Virtually nothing in society or politics happens in a vacuum – policies which regulate or tax one group have a ripple effect which impacts the lives of many other member of society. Since lobbying has such a pronounced effect on policy aimed towards the welfare of those with lobbyists, it stands to reason that there will also be a significant impact on the rest of society.
Lobbying affects those who lack the resources to lobby, as well as those who voluntarily abstain from lobbying in several negative ways: As tax revenue from those who lobby decreases, services are cut, taxes are increased on everybody else, or the national deficit increases; regulations which could benefit society are not passed, causing people to needlessly suffer from avoidable injuries such as toxic chemical exposure; our government eventually moves away from a system which respects the will of the people, and becomes a society where only the rich have a say in the public policy which is created.
Tax revenue is required by any government to sustain its operations. When tax revenue is lowered on a single segment of society, there is a ripple-effect on policy which affects the rest of society. When tax cuts are given to some in society, taxes can increase on other groups (imagine a pie where there are fewer slices, causing all slices to be larger if the pie is to remain the same size). In addition to tax increases on others, a reduction in overall spending and services by the government can be used to compensate for tax cuts obtained by those who lobby (imagine a pie where slices have been removed, thus reducing its volume). If, in the face of lobbied tax cuts, the government wants to sustain its spending, while not increasing taxes or the government, it can take out a debt (deficit) in order to operate. A deficit can be used to fund the government in the short term, but sustained and growing deficits are a serious risk to the integrity of a government (Ex. Greece).

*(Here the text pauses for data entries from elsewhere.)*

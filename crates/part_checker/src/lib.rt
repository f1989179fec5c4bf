//! The rules of the parts of a printed form: where arcs lead, why each column stands where it does, and the lists of the
//! blocks.
#![tactic(auto)]

mod items;
mod rules;
mod telling;

pub use out_of_memory::NoMemory;
pub use rules::{has_lower_lists, has_reasons, leads_down};
pub use telling::{PartsTold, told_of};
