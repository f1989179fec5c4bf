//! Dense matrices over a field, with their row operations.
#![tactic(auto)]

mod matrix;
mod rows;

pub use matrix::Mat;
pub use out_of_memory::NoMemory;
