//! Rows of a matrix, each over slices of their own.

ghost use Rattle.std.specs.Prelude.{◌≡◌, ℕ, ◌<◌, ◌≤◌, map, length, replicate, vec_len, slice_index, slice_index_or, IfOk};
ghost use Rattle.std.specs.List.{All};
ghost use Rattle.dense_q.specs.Rows.{multiple, IsRowSum};

use residue_field::Field;
use std::alloc::{AllocError, Global};

pub(crate) fn multiply<F: Field>(row: &mut [F], factor: F)
    ensures { map F.number row.new ≡ multiple F.modulus (F.number factor) (map F.number row.old) }
{
    for x in row.iter_mut() {
        *x = factor.mul(*x);
    }
}

pub(crate) fn zero_row<F: Field>(alloc: Global, columns: usize) -> Result<Vec<F>, AllocError>
    ensures { IfOk result (λ row. map F.number row.items ≡ replicate columns 0) }
{
    let mut row = Vec::with_capacity(alloc, columns)?;
    for _column in 0..columns {
        row.push(F::zero())?;
    }
    Ok(row)
}

// The sum of the rows, each times its coefficient.
pub(crate) fn combination<F: Field>(
    alloc: Global,
    coefficients: &[F],
    rows: &[Vec<F>],
    columns: usize,
) -> Result<Vec<F>, AllocError>
    requires coefficients { length coefficients.now ≡ length rows.now }
    requires full { All (λ row. vec_len row ≡ columns) rows.now }
    ensures { IfOk result (λ row. IsRowSum F.modulus (map F.number coefficients.now)
        (map (λ row. map F.number row.items) rows.now) columns (map F.number row.items)) }
{
    let mut sum = zero_row(alloc, columns)?;
    for (row, coefficient) in rows.iter().zip(coefficients) {
        F::add_scaled(&mut sum, row, *coefficient);
    }
    Ok(sum)
}

// Tells a proof that the number of each value is below the modulus.
pub(crate) fn in_field<F: Field>(row: &[F])
    ensures { All (λ value. F.number value < F.modulus) row.now }
{
    for value in row {
        value.in_field();
    }
}

// The values at one column.
pub(crate) fn column<F: Field>(
    alloc: Global,
    rows: &[Vec<F>],
    j: usize,
) -> Result<Vec<F>, AllocError>
    requires { All (λ row. j < vec_len row) rows.now }
    ensures { IfOk result (λ column. map F.number column.items ≡ map (λ row.
        slice_index (map F.number row.items) j) rows.now) }
{
    let mut column = Vec::with_capacity(alloc, rows.len())?;
    for row in rows {
        column.push(row[j])?;
    }
    Ok(column)
}
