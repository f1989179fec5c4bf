//! The part in which each number stands.

ghost use Rattle.std.specs.Prelude.{◌≡◌, ◌<◌, ◌≤◌, ◌↔◌, ℕ, ◌+◌, IfOk, IsTrue, MatchOption, length, slice_index_or};
ghost use Rattle.cert_text.specs.Ranges.{AreRising};
ghost use Rattle.cert_text.specs.Readings.{StandsOnce};
ghost use Rattle.cert_text.specs.declared.part.CcfPart.{CcfPart};
ghost use Rattle.cert_checker.specs.Standing.{IsUnplaced, IsPlacedList, AreSet, TellsPlaces, Not, part_list, list_in, lists_in, count_in};

use cert_text::{Ccf, CcfPart};
use out_of_memory::NoMemory;
use residue_field::Field;
use std::alloc::Global;

/// What stands in a part.
#[derive(Clone, Copy)]
pub enum Member {
    Column,
    QRow,
    TRow,
}

// The first tail, a block counted from 1, or the last tail.
fn part_at<F: Field>(form: &Ccf<F>, k: usize) -> &CcfPart
    requires { k < length form.now.blocks + 2 }
    ensures { (d : CcfPart) → result.now ≡ slice_index_or (part_list form.now) k d }
{
    let blocks = form.blocks().as_slice();
    if k == 0 {
        form.first()
    } else if k <= blocks.len() {
        &blocks[k - 1].part
    } else {
        form.last()
    }
}

// The numbers of one kind in a part.
fn list_of(part: &CcfPart, member: Member) -> &[usize]
    ensures { result.now ≡ list_in member part.now }
{
    match member {
        Member::Column => part.columns.as_slice(),
        Member::QRow => part.q_rows.as_slice(),
        Member::TRow => part.t_rows.as_slice(),
    }
}

// Writes the number of a part at the numbers of a list. False where one of them has a part already.
fn put(places: &mut [usize], list: &[usize], part: usize) -> bool
    requires { AreRising (length places.old) list.now }
    ensures answer { IsTrue result ↔ IsUnplaced places.old list.now }
    ensures placed { IsTrue result → IsPlacedList places.old list.now part places.new }
{
    for number in list {
        if places[*number] != 0 {
            return false;
        }
        places[*number] = part;
    }
    true
}

// Whether each number has a part.
fn are_set(places: &[usize]) -> bool
    ensures { IsTrue result ↔ AreSet places.now }
{
    for place in places {
        if *place == 0 {
            return false;
        }
    }
    true
}

/// The part in which each of these numbers stands, counted from 1: none where one stands in no part or in two.
pub fn places_of<F: Field>(
    alloc: Global,
    form: &Ccf<F>,
    member: Member,
    n: usize,
) -> Result<Option<Vec<usize>>, NoMemory>
    requires { n ≡ count_in member form.now.shape }
    ensures { IfOk result (λ found. MatchOption found (Not (StandsOnce n (lists_in member form.now)))
        (λ places. TellsPlaces n (lists_in member form.now) places.items)) }
{
    let mut places = vec![in alloc; 0; n]?;
    for k in 0..form.blocks().as_slice().len() + 2 {
        let list = list_of(part_at(form, k), member);
        if !put(&mut places, list, k + 1) {
            return Ok(None);
        }
    }
    if are_set(&places) {
        Ok(Some(places))
    } else {
        Ok(None)
    }
}
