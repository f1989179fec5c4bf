//! What the rules of the parts are tried on.

ghost use Rattle.std.specs.Prelude.{◌≡◌, ℕ, IfOk, length};
ghost use Rattle.cert_text.specs.Readings.{ColumnsDiffer};
ghost use Rattle.part_checker.specs.Told.{AreTold, TellsParts};

use crate::items::lower_items;
use bit_table::BitTable;
use cert_text::Ccf;
use out_of_memory::NoMemory;
use part_arcs::{FormArcs, arcs_of};
use part_orders::{chains_of, first_places};
use residue_field::Field;
use std::alloc::Global;

/// What the rules of the parts of a form are tried on: its arcs, the items of its lower lists, for each block the blocks to
/// which chains of these lists lead, and the first column of each block.
#[derive(Drop)]
pub struct PartsTold {
    pub arcs: FormArcs,
    pub lower: Vec<(usize, usize)>,
    pub below: BitTable,
    pub heads: Vec<usize>,
}

/// What the rules of the parts of a form are tried on, where `parts` tells in which part each column stands: 1 is the first
/// tail, k + 2 is block k, and the last tail comes after the blocks.
pub fn told_of<F: Field>(
    alloc: Global,
    form: &Ccf<F>,
    parts: &[usize],
) -> Result<PartsTold, NoMemory>
    requires differ { ColumnsDiffer form.now.base form.now.mates }
    requires parts { TellsParts form.now parts.now }
    ensures { IfOk result (λ told. AreTold F.modulus form.now parts.now told) }
{
    let blocks = form.blocks().as_slice();
    let arcs = arcs_of(alloc, form)?;
    let lower = lower_items(alloc, blocks)?;
    let below = chains_of(alloc, &lower, blocks.len())?;
    let heads = first_places(alloc, parts, blocks.len())?;
    Ok(PartsTold {
        arcs,
        lower,
        below,
        heads,
    })
}
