// The camera program and the chart program share one wire, later with a controller. Each line says which program got what, under which number, and where the picture is.
#![tactic(auto)]

ghost use Rattle.std.specs.Prelude.{◌≤◌};

use adapter::Adapter;
use constants::{
    CEC_LOG_ADDR_BROADCAST, CEC_LOG_ADDR_UNREGISTERED, CEC_MODE_EXCL_FOLLOWER_PASSTHRU,
    CEC_MODE_EXCL_INITIATOR, CEC_MODE_INITIATOR, CEC_MODE_MONITOR, CEC_MSG_CEC_VERSION,
    CEC_MSG_FEATURE_ABORT, CEC_MSG_GET_CEC_VERSION, CEC_MSG_GIVE_DEVICE_POWER_STATUS,
    CEC_MSG_IMAGE_VIEW_ON, CEC_MSG_REPORT_PHYSICAL_ADDR, CEC_MSG_REPORT_POWER_STATUS,
    CEC_MSG_ROUTING_CHANGE, CEC_MSG_SET_STREAM_PATH, CEC_OP_CEC_VERSION_1_4, CEC_PHYS_ADDR_INVALID,
    CEC_TX_STATUS_MAX_RETRIES, CEC_TX_STATUS_NACK, CEC_TX_STATUS_OK,
};
use entry::{Counts, Entry};
use handle::Row;
use request::Request;
use settings::Settings;
use std::{fmt, io};

// The display and the amplifier on the wire, and the address of the box.
const DISPLAY: u8 = 0;

const AMPLIFIER: u8 = 5;

const BOX: u8 = 4;

// Set Menu Language, which a display sends to all.
const SET_MENU_LANGUAGE: u8 = 0x32;

// The handles that the programs get.
const CAMERA: u8 = 0;

const CHART: u8 = 1;

const MONITOR: u8 = 2;

const CONTROLLER: u8 = 3;

const NANOSECONDS_PER_MS: u64 = 1000000;

// A program, by its handle.
fn program(handle: u8) -> &'static str {
    match handle {
        CAMERA => "camera",
        CHART => "chart",
        MONITOR => "monitor",
        _ => "controller",
    }
}

fn opened(rt: &impl Print, adapter: Adapter, privileged: bool) -> io::Result<Adapter> {
    let answer = adapter.open(privileged);
    println!(rt;
        "{}: open, errno {}, handle {}",
        program(answer.handle),
        answer.errno,
        answer.handle
    )?;
    Ok(answer.adapter)
}

fn configured(rt: &impl Print, adapter: Adapter) -> io::Result<Adapter> {
    let mut name = [0; 14];
    name[0] = 0x54;
    name[1] = 0x55;
    name[2] = 0x47;
    let answer = adapter.configure(Settings {
        physical_address: 0x1000,
        mask: 0x0010,
        version: CEC_OP_CEC_VERSION_1_4,
        device_type: 4,
        vendor_id: 0x00A0B0,
        name_length: 3,
        name,
        all_device_types: 0,
        rc_profile: 0,
        device_features: 0,
    });
    println!(rt; "box: configure, errno {}", answer.errno)?;
    Ok(answer.adapter)
}

// A message without parameters.
fn request(from: u8, to: u8, opcode: u8, reply: u8) -> Request {
    let mut bytes = [0; 16];
    bytes[0] = from % 16 * 16 + to % 16;
    bytes[1] = opcode;
    Request {
        length: 2,
        bytes,
        reply,
        timeout: 0,
        flags: 0,
    }
}

fn transmitted(
    rt: &impl Print,
    adapter: Adapter,
    handle: u8,
    request: Request,
) -> io::Result<Adapter> {
    let answer = adapter.transmit(handle, request);
    println!(rt;
        "{}: transmit to {}, errno {}, number {}",
        program(handle),
        request.bytes[0] % 16,
        answer.errno,
        answer.sequence
    )?;
    Ok(answer.adapter)
}

// A device is asked for its power status.
fn asked(rt: &impl Print, adapter: Adapter, handle: u8, device: u8) -> io::Result<Adapter> {
    let question = request(
        BOX,
        device,
        CEC_MSG_GIVE_DEVICE_POWER_STATUS,
        CEC_MSG_REPORT_POWER_STATUS,
    );
    transmitted(rt, adapter, handle, question)
}

// The driver's clock, for the adapter.
fn nanoseconds(ms: u32) -> u64 {
    ms as u64 * NANOSECONDS_PER_MS
}

fn started(rt: &impl Print, adapter: Adapter) -> io::Result<Adapter> {
    let answer = adapter.bus_start();
    print!(rt;
        "wire: start, errno {}, to {}",
        answer.errno,
        answer.message.destination()
    )?;
    Ok(answer.adapter)
}

fn ended(
    rt: &impl Print,
    adapter: Adapter,
    status: u8,
    counts: Counts,
    ms: u32,
) -> io::Result<Adapter> {
    let answer = adapter.bus_result(status, counts, nanoseconds(ms));
    println!(rt; "; result, errno {}, status {status}", answer.errno)?;
    Ok(answer.adapter)
}

// The next message goes out and comes to its end, when the driver's clock shows these milliseconds.
fn sent(
    rt: &impl Print,
    adapter: Adapter,
    status: u8,
    counts: Counts,
    ms: u32,
) -> io::Result<Adapter> {
    ended(rt, started(rt, adapter)?, status, counts, ms)
}

// A message of three bytes comes from the wire.
fn came(adapter: Adapter, from: u8, to: u8, opcode: u8, third: u8, ms: u32) -> Adapter {
    let mut bytes = [0; 16];
    bytes[0] = from % 16 * 16 + to % 16;
    bytes[1] = opcode;
    bytes[2] = third;
    adapter.received(3, bytes, nanoseconds(ms)).adapter
}

fn say_message(rt: &impl Print, from: u8, opcode: u8) -> io::Result<()> {
    println!(rt; "wire: message from {from}, opcode {opcode}")
}

// A device answers the box.
fn answered(
    rt: &impl Print,
    adapter: Adapter,
    from: u8,
    opcode: u8,
    third: u8,
    ms: u32,
) -> io::Result<Adapter> {
    say_message(rt, from, opcode)?;
    Ok(came(adapter, from, BOX, opcode, third, ms))
}

fn say_entry(rt: &impl Print, handle: u8, entry: Entry) -> io::Result<()> {
    println!(rt;
        "{}: receive, number {}, tx_status {}, rx_status {}, opcode {}",
        program(handle),
        entry.sequence,
        entry.tx_status,
        entry.rx_status,
        entry.message.opcode()
    )
}

fn say_received(rt: &impl Print, handle: u8, errno: u32, entry: Entry) -> io::Result<()> {
    if errno == 0 {
        return say_entry(rt, handle, entry);
    }
    println!(rt; "{}: receive, errno {errno}", program(handle))
}

fn received(rt: &impl Print, adapter: Adapter, handle: u8) -> io::Result<Adapter> {
    let answer = adapter.receive(handle);
    say_received(rt, handle, answer.errno, answer.entry)?;
    Ok(answer.adapter)
}

fn passed(rt: &impl Print, adapter: Adapter, ms: u32) -> io::Result<Adapter> {
    println!(rt; "clock: milliseconds {ms}")?;
    Ok(adapter.time_passed(ms).adapter)
}

// The display tells all devices of a menu.
fn told(adapter: Adapter, ms: u32) -> Adapter {
    came(
        adapter,
        DISPLAY,
        CEC_LOG_ADDR_BROADCAST,
        SET_MENU_LANGUAGE,
        0x65,
        ms,
    )
}

// It does so again every 80 ms.
fn three_told(adapter: Adapter, ms: u32) -> Adapter
    requires { ms ≤ 20000 }
{
    told(told(told(adapter, ms), ms + 80), ms + 160)
}

fn nine_told(adapter: Adapter, ms: u32) -> Adapter
    requires { ms ≤ 10000 }
{
    three_told(three_told(three_told(adapter, ms), ms + 240), ms + 480)
}

// Each program reads what it has, oldest first.
fn read_out(rt: &impl Print, adapter: Adapter) -> io::Result<Adapter> {
    let mut now = received(rt, adapter, CAMERA)?;
    now = received(rt, now, CAMERA)?;
    now = received(rt, now, CHART)?;
    received(rt, now, CHART)
}

// The display is woken before the box has an address.
fn woken(rt: &impl Print, adapter: Adapter) -> io::Result<Adapter> {
    let wake = request(CEC_LOG_ADDR_UNREGISTERED, DISPLAY, CEC_MSG_IMAGE_VIEW_ON, 0);
    let mut now = transmitted(rt, adapter, CAMERA, wake)?;
    now = sent(rt, now, CEC_TX_STATUS_OK, Counts::none(), 100)?;
    received(rt, now, CAMERA)
}

// Both ask, the replies come the other way round, and each gets its own.
fn replies(rt: &impl Print, adapter: Adapter) -> io::Result<Adapter> {
    let mut now = asked(rt, adapter, CAMERA, DISPLAY)?;
    now = asked(rt, now, CHART, AMPLIFIER)?;
    now = sent(rt, now, CEC_TX_STATUS_OK, Counts::none(), 1000)?;
    now = sent(rt, now, CEC_TX_STATUS_OK, Counts::none(), 1060)?;
    now = answered(rt, now, AMPLIFIER, CEC_MSG_REPORT_POWER_STATUS, 0, 1200)?;
    now = answered(rt, now, DISPLAY, CEC_MSG_REPORT_POWER_STATUS, 1, 1280)?;
    now = read_out(rt, now)?;
    now = received(rt, now, CAMERA)?;
    received(rt, now, CHART)
}

// One is not answered in time, the other is told that the opcode is not known.
fn no_replies(rt: &impl Print, adapter: Adapter) -> io::Result<Adapter> {
    let mut now = asked(rt, adapter, CAMERA, DISPLAY)?;
    now = asked(rt, now, CHART, AMPLIFIER)?;
    now = sent(rt, now, CEC_TX_STATUS_OK, Counts::none(), 2000)?;
    now = sent(rt, now, CEC_TX_STATUS_OK, Counts::none(), 2060)?;
    now = passed(rt, now, 999)?;
    now = answered(
        rt,
        now,
        AMPLIFIER,
        CEC_MSG_FEATURE_ABORT,
        CEC_MSG_GIVE_DEVICE_POWER_STATUS,
        3059,
    )?;
    now = passed(rt, now, 1)?;
    read_out(rt, now)
}

// A message that is not taken off the wire.
fn refused(rt: &impl Print, adapter: Adapter) -> io::Result<Adapter> {
    let mut counts = Counts::none();
    counts.nack = 5;
    let mut now = asked(rt, adapter, CHART, AMPLIFIER)?;
    now = sent(
        rt,
        now,
        CEC_TX_STATUS_NACK | CEC_TX_STATUS_MAX_RETRIES,
        counts,
        4000,
    )?;
    now = received(rt, now, CHART)?;
    received(rt, now, CHART)
}

fn in_mode(rt: &impl Print, adapter: Adapter, handle: u8, mode: u32) -> io::Result<Adapter> {
    let answer = adapter.set_mode(handle, mode);
    println!(rt; "{}: mode {mode}, errno {}", program(handle), answer.errno)?;
    Ok(answer.adapter)
}

fn say_row(rt: &impl Print, row: Row) -> io::Result<()> {
    println!(rt;
        "listing: handle {}, mode {}, entries {}, owed {}, lost {}",
        row.number, row.mode, row.entries, row.owed, row.lost
    )
}

// The listing's rows of the three programs.
fn listed(rt: &impl Print, adapter: Adapter) -> io::Result<()> {
    let table = listing::listed_rows(adapter);
    let rows = table.rows;
    say_row(rt, rows[0])?;
    say_row(rt, rows[1])?;
    say_row(rt, rows[2])
}

// A monitor has room for 16 copies; the listing says how many it lost.
fn watched(rt: &impl Print, adapter: Adapter) -> io::Result<Adapter> {
    let mut now = opened(rt, adapter, true)?;
    now = in_mode(rt, now, MONITOR, CEC_MODE_MONITOR)?;
    now = nine_told(nine_told(now, 7000), 7720);
    println!(rt; "wire: 18 messages from 0 to all")?;
    listed(rt, now)?;
    now = received(rt, now, MONITOR)?;
    received(rt, now, CAMERA)
}

// The display asks the box for its CEC version.
fn version_asked(rt: &impl Print, adapter: Adapter) -> io::Result<Adapter> {
    let question = request(DISPLAY, BOX, CEC_MSG_GET_CEC_VERSION, 0);
    say_message(rt, DISPLAY, CEC_MSG_GET_CEC_VERSION)?;
    let answer = adapter.received(question.length, question.bytes, nanoseconds(9000));
    Ok(answer.adapter)
}

// The controller tells it.
fn version_told(rt: &impl Print, adapter: Adapter) -> io::Result<Adapter> {
    let mut answer = request(BOX, DISPLAY, CEC_MSG_CEC_VERSION, 0);
    answer.length = 3;
    answer.bytes[2] = CEC_OP_CEC_VERSION_1_4;
    transmitted(rt, adapter, CONTROLLER, answer)
}

// The core leaves a question to the passthrough follower, which may answer it beside an exclusive initiator.
fn controlled(rt: &impl Print, adapter: Adapter) -> io::Result<Adapter> {
    let mut now = opened(rt, adapter, false)?;
    now = in_mode(
        rt,
        now,
        CONTROLLER,
        CEC_MODE_EXCL_FOLLOWER_PASSTHRU | CEC_MODE_INITIATOR,
    )?;
    now = in_mode(rt, now, CAMERA, CEC_MODE_EXCL_INITIATOR)?;
    now = version_asked(rt, now)?;
    now = received(rt, now, CONTROLLER)?;
    now = asked(rt, now, CHART, AMPLIFIER)?;
    now = version_told(rt, now)?;
    now = sent(rt, now, CEC_TX_STATUS_OK, Counts::none(), 9100)?;
    now = received(rt, now, CONTROLLER)?;
    in_mode(rt, now, CAMERA, CEC_MODE_INITIATOR)
}

fn looked_up(rt: &impl Print, adapter: Adapter, address: u8) -> io::Result<()> {
    let answer = adapter.lookup(address);
    println!(rt;
        "box: lookup of {address}, errno {}, physical address {}",
        answer.errno, answer.address
    )
}

// The amplifier reports its physical address, 0x2000.
fn reported(rt: &impl Print, adapter: Adapter) -> io::Result<Adapter> {
    let mut bytes = [0; 16];
    bytes[0] = AMPLIFIER * 16 + CEC_LOG_ADDR_BROADCAST;
    bytes[1] = CEC_MSG_REPORT_PHYSICAL_ADDR;
    bytes[2] = 0x20;
    let answer = adapter.received(5, bytes, nanoseconds(5000));
    looked_up(rt, answer.adapter, AMPLIFIER)?;
    looked_up(rt, answer.adapter, CEC_LOG_ADDR_BROADCAST)?;
    Ok(answer.adapter)
}

// A physical address, which is shown by its four digits.
#[derive(Clone, Copy)]
struct Place(u16);

impl fmt::Display for Place {
    fn fmt<W: fmt::Write>(&self, f: &mut fmt::Formatter<W>) -> fmt::Result {
        let address = self.0;
        write!(
            f,
            "{}.{}.{}.{}",
            address / 4096,
            address / 256 % 16,
            address / 16 % 16,
            address % 16
        )
    }
}

fn say_picture(rt: &impl Print, adapter: Adapter) -> io::Result<()> {
    let active = adapter.active_address();
    if active == CEC_PHYS_ADDR_INVALID {
        return println!(rt; "box: no picture");
    }
    println!(rt; "box: the picture is at {}", Place(active))
}

fn say_way(rt: &impl Print, first: u16, second: u16) -> io::Result<()> {
    let way = route::between(first, second);
    print!(rt;
        "way: from {} to {}, common ancestor {}",
        Place(first),
        Place(second),
        Place(way.ancestor)
    )?;
    if way.on_path {
        return println!(rt; ", port {}", way.port);
    }
    println!(rt; ", off the path")
}

// The amplifier changes its input from 1.0.0.0, the box, to 2.1.0.0; the display asks for the box again.
fn pictured(rt: &impl Print, adapter: Adapter) -> io::Result<Adapter> {
    say_picture(rt, adapter)?;
    let mut bytes = [0; 16];
    bytes[0] = AMPLIFIER * 16 + CEC_LOG_ADDR_BROADCAST;
    bytes[1] = CEC_MSG_ROUTING_CHANGE;
    bytes[2] = 0x10;
    bytes[4] = 0x21;
    let changed = adapter.received(6, bytes, nanoseconds(6000));
    say_message(rt, AMPLIFIER, CEC_MSG_ROUTING_CHANGE)?;
    say_picture(rt, changed.adapter)?;
    say_way(rt, 0x0000, 0x2100)?;
    say_way(rt, 0x2000, 0x2100)?;
    say_way(rt, 0x1000, 0x2100)?;
    bytes[0] = CEC_LOG_ADDR_BROADCAST;
    bytes[1] = CEC_MSG_SET_STREAM_PATH;
    let asked = changed.adapter.received(4, bytes, nanoseconds(6200));
    say_message(rt, DISPLAY, CEC_MSG_SET_STREAM_PATH)?;
    say_picture(rt, asked.adapter)?;
    Ok(asked.adapter)
}

fn address_gone(rt: &impl Print, adapter: Adapter) -> io::Result<Adapter> {
    let answer = adapter.unconfigure();
    println!(rt; "box: unconfigure, errno {}", answer.errno)?;
    Ok(answer.adapter)
}

// One transmit waits for its reply, one is queued: the address is taken away.
fn unconfigured(rt: &impl Print, adapter: Adapter) -> io::Result<Adapter> {
    let mut now = asked(rt, adapter, CAMERA, DISPLAY)?;
    now = sent(rt, now, CEC_TX_STATUS_OK, Counts::none(), 10000)?;
    now = asked(rt, now, CHART, AMPLIFIER)?;
    now = address_gone(rt, now)?;
    now = read_out(rt, now)?;
    asked(rt, now, CHART, AMPLIFIER)
}

fn main(rt: HostRuntime) -> io::Result<()> {
    let mut now = Adapter::fresh(true, true);
    now = opened(&rt, now, false)?;
    now = opened(&rt, now, false)?;
    now = woken(&rt, now)?;
    now = configured(&rt, now)?;
    now = replies(&rt, now)?;
    now = no_replies(&rt, now)?;
    now = refused(&rt, now)?;
    now = reported(&rt, now)?;
    now = pictured(&rt, now)?;
    now = watched(&rt, now)?;
    now = controlled(&rt, now)?;
    now = unconfigured(&rt, now)?;
    say_picture(&rt, now)
}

As corporations and the wealthy in the USA have used lobbying in order to lower their taxes, national and state tax revenues have been gradually depleted. The US government has compensated for decreased revenues from those who lobby politicians with a combination of austerity aimed at the middle class and poor, combined with massive deficit spending. Throughout the national and state governments, public institutions have been receiving decreased funding (Ex. cutting the budgets of schools and police departments), particularly if their services are geared towards those who have no lobbying presence; this makes sense, as those with lobbyists wouldn’t let their services be cut when there are ways to offset the costs onto others. Cuts have simply not been deep enough yet to fill the gaping hole in our tax revenue, so the government has been required to drastically increase the national debt. The unwillingness of some politicians to tax those who supply them with lobbying money and campaign donations is slowly strangling the government, and rendering our taxing/spending policies unsustainable in the long run.